LISTED RECORDS section start
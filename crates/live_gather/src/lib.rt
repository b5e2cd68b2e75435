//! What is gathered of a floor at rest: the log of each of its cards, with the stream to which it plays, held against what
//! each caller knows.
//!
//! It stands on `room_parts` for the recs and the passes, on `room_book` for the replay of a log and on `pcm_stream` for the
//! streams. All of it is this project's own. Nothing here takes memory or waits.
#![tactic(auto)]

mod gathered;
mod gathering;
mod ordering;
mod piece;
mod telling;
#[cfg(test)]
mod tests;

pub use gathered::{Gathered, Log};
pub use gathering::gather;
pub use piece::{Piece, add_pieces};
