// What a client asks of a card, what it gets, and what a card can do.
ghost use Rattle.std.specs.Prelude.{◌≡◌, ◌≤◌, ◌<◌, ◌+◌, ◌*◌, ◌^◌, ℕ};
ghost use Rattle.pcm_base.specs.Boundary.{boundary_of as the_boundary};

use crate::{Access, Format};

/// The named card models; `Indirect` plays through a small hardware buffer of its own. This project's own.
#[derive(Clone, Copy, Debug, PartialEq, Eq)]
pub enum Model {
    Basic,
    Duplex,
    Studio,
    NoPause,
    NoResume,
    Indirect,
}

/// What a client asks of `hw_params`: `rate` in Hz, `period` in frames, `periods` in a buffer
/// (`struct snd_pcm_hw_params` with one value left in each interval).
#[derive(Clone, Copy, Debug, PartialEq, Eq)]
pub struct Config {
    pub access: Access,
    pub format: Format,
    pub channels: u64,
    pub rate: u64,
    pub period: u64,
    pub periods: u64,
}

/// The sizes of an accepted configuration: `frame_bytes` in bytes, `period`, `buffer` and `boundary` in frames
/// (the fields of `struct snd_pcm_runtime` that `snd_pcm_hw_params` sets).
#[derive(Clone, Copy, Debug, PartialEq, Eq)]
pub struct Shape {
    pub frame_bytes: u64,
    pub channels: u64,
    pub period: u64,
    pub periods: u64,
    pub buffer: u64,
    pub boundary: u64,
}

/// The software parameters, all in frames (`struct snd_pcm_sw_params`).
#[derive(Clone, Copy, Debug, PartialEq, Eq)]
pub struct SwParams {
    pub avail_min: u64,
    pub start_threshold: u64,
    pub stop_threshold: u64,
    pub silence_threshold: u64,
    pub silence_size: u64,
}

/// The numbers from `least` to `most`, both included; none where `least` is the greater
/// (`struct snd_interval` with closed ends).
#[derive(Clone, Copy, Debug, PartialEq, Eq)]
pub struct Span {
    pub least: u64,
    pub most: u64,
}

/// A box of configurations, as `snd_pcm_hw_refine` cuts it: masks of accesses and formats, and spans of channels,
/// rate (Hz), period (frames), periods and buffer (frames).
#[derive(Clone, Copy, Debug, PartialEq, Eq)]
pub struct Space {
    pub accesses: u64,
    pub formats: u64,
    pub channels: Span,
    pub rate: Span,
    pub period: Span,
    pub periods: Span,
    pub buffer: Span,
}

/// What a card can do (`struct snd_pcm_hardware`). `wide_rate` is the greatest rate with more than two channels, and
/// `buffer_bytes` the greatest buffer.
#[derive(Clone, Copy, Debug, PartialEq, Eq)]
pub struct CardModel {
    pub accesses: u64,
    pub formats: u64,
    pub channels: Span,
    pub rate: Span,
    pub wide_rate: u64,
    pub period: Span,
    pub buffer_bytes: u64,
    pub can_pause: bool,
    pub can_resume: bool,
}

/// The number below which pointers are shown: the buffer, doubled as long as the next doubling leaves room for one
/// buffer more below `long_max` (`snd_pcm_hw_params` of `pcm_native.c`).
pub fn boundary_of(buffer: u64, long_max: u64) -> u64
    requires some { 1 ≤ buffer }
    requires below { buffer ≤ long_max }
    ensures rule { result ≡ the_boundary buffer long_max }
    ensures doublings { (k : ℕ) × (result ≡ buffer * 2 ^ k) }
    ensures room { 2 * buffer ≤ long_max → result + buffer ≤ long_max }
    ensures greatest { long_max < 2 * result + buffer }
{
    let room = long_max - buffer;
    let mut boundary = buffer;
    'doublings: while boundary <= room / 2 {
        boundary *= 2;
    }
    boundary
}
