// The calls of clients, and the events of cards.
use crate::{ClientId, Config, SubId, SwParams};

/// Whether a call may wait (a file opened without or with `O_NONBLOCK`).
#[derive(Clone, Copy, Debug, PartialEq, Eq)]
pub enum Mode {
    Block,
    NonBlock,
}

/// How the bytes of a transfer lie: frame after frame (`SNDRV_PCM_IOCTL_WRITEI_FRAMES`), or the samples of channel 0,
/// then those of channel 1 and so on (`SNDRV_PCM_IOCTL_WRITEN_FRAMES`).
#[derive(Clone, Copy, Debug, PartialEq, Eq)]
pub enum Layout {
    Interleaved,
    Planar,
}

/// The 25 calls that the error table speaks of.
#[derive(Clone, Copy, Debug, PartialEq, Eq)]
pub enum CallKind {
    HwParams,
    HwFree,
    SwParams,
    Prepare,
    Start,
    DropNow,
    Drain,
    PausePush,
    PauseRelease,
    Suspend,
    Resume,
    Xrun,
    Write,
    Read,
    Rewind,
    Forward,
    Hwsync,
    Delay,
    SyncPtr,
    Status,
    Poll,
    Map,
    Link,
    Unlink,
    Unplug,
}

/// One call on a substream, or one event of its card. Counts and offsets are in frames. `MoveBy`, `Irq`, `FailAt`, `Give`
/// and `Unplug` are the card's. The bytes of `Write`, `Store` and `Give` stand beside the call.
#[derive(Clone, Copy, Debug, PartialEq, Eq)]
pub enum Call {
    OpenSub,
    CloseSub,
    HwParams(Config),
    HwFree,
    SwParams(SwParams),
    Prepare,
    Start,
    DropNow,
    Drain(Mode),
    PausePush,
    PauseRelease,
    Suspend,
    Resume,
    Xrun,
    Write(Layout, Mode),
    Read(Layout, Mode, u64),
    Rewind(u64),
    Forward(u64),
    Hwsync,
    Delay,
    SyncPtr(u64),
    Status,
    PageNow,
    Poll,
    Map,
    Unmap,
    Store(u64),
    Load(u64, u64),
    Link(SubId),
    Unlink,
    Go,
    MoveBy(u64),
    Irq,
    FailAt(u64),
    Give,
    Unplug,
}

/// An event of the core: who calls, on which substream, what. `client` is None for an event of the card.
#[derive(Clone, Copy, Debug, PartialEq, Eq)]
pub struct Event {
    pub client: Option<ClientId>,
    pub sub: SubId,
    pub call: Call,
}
LISTED RECORDS section end
LISTED RECORDS section start
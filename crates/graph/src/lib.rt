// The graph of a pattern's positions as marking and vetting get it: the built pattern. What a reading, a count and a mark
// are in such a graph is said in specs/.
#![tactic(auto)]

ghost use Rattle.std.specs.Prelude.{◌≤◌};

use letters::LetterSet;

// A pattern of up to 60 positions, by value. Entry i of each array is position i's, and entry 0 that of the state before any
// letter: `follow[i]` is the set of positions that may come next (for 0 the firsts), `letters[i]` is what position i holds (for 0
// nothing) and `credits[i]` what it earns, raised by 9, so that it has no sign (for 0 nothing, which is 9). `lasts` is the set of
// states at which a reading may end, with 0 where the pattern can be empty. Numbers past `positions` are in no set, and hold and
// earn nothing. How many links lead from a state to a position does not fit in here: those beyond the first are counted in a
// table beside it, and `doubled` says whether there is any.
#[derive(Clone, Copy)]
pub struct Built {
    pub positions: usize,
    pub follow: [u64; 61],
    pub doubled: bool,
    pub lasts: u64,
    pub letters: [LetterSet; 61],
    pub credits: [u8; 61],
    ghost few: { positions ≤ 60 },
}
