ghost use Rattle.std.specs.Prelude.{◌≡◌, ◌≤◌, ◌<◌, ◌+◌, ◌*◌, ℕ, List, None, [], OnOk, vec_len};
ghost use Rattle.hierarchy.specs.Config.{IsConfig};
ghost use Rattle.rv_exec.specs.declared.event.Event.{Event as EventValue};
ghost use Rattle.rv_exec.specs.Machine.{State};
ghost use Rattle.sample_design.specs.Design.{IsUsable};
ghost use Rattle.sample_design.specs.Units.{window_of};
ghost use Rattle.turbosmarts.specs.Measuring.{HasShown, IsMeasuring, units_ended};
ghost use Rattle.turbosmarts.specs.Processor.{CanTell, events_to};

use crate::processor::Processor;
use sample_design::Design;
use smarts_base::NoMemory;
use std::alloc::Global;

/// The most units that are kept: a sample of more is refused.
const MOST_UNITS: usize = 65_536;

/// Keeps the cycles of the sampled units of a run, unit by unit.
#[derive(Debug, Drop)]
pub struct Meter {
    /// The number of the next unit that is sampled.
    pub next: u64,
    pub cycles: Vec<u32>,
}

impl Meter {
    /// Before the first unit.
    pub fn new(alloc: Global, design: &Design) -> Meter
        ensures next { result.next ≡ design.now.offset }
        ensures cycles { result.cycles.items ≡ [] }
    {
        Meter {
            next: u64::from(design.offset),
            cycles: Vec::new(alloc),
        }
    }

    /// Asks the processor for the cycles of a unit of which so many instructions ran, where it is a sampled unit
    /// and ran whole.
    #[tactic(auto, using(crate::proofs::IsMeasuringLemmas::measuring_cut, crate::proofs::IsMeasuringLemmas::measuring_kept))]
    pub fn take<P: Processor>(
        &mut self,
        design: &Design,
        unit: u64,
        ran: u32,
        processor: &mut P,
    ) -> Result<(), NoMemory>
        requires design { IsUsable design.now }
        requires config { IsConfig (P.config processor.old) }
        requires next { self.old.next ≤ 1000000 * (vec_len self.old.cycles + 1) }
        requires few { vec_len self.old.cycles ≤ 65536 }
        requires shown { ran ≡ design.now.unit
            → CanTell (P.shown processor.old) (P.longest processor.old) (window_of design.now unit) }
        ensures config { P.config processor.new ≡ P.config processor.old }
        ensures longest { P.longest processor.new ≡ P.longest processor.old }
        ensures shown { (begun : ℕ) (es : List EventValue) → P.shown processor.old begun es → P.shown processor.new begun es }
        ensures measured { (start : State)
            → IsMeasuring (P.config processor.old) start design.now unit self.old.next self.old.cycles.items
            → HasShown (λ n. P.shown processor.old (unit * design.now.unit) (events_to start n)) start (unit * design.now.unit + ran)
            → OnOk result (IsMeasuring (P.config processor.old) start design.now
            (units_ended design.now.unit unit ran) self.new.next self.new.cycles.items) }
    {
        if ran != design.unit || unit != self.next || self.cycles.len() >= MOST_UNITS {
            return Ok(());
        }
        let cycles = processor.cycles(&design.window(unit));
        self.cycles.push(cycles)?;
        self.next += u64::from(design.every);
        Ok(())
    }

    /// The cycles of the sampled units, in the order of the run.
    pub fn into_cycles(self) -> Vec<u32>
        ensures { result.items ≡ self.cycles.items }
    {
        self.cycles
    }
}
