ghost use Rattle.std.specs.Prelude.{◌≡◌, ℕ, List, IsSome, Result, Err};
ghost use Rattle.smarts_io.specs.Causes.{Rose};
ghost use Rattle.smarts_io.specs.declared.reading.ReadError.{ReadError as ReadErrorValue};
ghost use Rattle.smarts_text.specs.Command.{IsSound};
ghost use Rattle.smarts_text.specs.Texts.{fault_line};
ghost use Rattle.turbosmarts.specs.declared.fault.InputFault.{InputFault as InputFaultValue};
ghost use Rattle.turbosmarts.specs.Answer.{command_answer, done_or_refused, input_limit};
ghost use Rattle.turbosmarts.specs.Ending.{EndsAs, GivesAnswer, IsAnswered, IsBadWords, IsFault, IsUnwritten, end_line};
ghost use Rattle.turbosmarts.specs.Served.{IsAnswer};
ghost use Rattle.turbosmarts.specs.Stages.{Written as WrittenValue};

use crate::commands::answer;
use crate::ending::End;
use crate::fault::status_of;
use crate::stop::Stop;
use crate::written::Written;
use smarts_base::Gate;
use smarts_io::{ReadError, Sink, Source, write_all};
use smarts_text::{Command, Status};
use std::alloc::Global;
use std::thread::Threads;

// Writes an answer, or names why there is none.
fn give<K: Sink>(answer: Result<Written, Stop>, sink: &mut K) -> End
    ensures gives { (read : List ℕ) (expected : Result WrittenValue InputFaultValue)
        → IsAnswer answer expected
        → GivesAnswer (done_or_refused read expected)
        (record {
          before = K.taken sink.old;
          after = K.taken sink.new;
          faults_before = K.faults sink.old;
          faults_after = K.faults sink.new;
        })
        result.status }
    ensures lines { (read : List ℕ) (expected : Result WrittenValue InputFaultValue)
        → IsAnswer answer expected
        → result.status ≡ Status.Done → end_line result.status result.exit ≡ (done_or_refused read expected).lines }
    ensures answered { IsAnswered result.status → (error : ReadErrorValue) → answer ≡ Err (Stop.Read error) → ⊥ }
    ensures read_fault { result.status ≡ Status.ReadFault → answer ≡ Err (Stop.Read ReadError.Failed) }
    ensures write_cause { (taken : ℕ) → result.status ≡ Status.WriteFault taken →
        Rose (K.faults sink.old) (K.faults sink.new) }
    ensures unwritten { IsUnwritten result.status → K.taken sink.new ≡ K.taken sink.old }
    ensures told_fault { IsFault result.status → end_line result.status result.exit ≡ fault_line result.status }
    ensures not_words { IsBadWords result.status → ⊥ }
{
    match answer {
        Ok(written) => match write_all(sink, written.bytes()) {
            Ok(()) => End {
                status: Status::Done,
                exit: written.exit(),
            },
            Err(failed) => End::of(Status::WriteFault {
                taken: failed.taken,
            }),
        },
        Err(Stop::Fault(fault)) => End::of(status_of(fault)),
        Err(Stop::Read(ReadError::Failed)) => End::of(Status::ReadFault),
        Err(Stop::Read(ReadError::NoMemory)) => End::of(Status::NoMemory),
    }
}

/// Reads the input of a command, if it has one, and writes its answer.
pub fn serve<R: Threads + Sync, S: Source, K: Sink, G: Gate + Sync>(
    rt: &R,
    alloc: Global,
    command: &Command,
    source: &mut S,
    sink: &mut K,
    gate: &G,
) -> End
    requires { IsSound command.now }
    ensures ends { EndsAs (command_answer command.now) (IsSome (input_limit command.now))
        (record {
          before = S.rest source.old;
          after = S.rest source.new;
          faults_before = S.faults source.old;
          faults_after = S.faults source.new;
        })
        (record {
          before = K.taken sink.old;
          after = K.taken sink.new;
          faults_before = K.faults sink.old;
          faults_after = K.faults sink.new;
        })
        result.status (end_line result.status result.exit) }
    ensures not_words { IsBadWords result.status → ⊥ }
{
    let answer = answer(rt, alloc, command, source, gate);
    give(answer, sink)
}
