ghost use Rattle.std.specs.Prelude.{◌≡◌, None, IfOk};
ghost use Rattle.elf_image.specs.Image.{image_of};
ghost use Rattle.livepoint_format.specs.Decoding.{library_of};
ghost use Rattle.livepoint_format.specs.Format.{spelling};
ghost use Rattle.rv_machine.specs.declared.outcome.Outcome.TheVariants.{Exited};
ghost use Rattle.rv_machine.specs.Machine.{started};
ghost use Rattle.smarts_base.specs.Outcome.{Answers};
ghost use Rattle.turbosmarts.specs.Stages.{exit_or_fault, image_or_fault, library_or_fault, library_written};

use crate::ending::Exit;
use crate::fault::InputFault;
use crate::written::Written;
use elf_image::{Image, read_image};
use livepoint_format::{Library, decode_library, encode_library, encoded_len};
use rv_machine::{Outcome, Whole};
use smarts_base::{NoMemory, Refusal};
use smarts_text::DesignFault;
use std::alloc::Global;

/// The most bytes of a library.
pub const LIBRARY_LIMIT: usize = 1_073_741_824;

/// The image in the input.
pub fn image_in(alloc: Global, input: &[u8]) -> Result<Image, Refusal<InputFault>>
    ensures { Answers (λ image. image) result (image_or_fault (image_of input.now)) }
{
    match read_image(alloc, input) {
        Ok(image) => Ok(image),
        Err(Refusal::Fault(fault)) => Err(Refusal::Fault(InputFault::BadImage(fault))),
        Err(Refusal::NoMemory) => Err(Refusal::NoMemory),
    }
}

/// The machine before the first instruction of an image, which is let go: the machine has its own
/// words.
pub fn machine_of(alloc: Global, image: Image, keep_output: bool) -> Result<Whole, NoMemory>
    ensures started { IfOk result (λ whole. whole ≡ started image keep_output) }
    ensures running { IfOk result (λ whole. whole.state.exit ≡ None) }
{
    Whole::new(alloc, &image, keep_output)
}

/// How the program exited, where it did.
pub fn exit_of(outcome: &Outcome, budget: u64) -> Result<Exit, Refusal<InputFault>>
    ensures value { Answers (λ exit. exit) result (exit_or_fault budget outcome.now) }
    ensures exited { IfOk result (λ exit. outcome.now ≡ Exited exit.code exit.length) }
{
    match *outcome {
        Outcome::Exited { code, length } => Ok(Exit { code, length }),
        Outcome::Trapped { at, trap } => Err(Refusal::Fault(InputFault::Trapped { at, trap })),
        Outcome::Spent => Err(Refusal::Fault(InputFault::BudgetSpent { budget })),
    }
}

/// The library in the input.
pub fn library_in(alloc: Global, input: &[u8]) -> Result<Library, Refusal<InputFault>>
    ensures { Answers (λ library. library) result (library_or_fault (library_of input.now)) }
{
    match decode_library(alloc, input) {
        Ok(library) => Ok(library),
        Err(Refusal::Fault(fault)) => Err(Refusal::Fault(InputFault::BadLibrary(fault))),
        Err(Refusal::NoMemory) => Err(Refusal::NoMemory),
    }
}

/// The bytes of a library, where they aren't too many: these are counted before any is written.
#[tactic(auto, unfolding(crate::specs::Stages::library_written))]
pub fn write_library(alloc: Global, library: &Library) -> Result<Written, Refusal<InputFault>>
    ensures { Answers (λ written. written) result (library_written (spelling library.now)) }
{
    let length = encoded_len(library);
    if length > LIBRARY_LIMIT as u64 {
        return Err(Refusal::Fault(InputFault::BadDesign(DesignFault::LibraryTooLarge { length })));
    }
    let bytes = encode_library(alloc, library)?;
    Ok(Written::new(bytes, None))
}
LISTED RECORDS section end
LISTED RECORDS section start
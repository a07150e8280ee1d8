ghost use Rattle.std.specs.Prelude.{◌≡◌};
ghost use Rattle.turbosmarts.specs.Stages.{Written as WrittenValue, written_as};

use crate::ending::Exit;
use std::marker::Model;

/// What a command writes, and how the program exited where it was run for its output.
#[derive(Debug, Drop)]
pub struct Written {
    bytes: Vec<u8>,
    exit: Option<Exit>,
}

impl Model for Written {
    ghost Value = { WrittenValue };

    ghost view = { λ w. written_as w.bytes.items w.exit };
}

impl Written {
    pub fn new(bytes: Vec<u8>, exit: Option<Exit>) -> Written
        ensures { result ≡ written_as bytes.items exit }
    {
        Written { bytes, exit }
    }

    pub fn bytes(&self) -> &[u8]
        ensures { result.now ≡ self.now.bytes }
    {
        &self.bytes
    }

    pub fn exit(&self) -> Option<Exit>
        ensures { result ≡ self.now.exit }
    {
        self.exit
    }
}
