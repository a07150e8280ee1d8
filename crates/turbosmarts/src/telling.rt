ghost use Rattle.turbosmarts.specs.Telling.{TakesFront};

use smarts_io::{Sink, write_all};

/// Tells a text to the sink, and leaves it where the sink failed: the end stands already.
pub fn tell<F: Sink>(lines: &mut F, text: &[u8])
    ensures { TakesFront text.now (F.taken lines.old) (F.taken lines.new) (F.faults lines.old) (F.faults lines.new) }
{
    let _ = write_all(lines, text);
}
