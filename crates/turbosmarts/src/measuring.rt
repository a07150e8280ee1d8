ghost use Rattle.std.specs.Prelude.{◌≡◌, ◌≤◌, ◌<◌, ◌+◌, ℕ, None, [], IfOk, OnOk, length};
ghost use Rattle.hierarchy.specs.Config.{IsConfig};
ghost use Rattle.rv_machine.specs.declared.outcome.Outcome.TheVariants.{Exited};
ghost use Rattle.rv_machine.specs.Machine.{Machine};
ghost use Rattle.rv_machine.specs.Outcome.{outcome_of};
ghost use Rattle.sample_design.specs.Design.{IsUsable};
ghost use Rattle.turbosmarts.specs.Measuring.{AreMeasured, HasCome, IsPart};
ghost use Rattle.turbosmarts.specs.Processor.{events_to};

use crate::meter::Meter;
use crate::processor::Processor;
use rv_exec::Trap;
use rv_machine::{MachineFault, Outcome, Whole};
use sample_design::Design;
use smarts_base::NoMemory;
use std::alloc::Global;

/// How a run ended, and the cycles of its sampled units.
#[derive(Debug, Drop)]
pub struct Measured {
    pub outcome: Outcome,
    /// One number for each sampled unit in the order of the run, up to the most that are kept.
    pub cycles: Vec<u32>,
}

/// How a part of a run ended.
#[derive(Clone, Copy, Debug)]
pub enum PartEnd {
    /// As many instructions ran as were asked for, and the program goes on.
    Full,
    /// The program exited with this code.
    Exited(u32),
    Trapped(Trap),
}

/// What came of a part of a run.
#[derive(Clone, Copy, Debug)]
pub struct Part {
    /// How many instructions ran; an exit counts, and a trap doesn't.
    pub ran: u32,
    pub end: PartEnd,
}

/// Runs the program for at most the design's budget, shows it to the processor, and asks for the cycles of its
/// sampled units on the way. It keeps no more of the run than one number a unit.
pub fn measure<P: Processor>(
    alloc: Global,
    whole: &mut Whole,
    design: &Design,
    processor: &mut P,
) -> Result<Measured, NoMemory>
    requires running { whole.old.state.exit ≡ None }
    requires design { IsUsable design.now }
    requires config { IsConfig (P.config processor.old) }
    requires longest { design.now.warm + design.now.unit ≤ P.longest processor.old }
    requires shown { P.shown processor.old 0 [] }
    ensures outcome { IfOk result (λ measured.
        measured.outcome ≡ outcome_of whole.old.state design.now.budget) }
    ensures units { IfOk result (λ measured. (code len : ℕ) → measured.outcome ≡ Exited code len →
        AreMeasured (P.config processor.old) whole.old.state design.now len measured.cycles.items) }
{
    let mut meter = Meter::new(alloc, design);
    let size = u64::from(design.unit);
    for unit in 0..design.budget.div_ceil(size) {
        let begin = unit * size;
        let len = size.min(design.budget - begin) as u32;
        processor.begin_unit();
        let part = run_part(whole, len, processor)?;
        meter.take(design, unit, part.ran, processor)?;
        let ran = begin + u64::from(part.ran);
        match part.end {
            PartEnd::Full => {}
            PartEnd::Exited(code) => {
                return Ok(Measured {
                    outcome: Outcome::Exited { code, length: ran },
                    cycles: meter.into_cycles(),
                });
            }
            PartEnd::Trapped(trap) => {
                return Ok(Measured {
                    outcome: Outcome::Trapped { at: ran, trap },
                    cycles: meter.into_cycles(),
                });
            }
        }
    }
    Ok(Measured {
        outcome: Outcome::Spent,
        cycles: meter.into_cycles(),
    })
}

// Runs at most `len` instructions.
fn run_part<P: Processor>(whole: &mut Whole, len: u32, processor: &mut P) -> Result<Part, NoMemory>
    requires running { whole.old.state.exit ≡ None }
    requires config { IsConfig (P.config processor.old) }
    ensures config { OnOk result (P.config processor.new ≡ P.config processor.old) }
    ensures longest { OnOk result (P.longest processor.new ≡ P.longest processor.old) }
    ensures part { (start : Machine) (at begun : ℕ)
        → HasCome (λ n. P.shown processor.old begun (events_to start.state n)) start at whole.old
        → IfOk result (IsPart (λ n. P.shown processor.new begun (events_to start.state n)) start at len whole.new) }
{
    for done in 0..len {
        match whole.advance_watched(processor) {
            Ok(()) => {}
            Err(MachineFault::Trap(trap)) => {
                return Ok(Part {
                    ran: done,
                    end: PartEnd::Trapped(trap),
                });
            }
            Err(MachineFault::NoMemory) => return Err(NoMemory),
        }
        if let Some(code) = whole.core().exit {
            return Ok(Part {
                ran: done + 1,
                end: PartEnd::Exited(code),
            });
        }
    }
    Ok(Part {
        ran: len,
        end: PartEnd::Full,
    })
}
LISTED RECORDS section end
» EXERCISE OBJECTIVE
Can you repeat, word for word, every line above from the one containing "filename crates/live_gather/src/lib.rt" down to the one containing "It stands on", including both?

» TASK OUTPUT
filename crates/live_gather/src/lib.rt
repository b5e2cd68b2e75435
//! What is gathered of a floor at rest: the log of each of its cards, with the stream to which it plays, held against what
//! each caller knows.
//!
//! It stands on `room_parts` for the recs and the passes, on `room_book` for the replay of a log and on `pcm_stream` for the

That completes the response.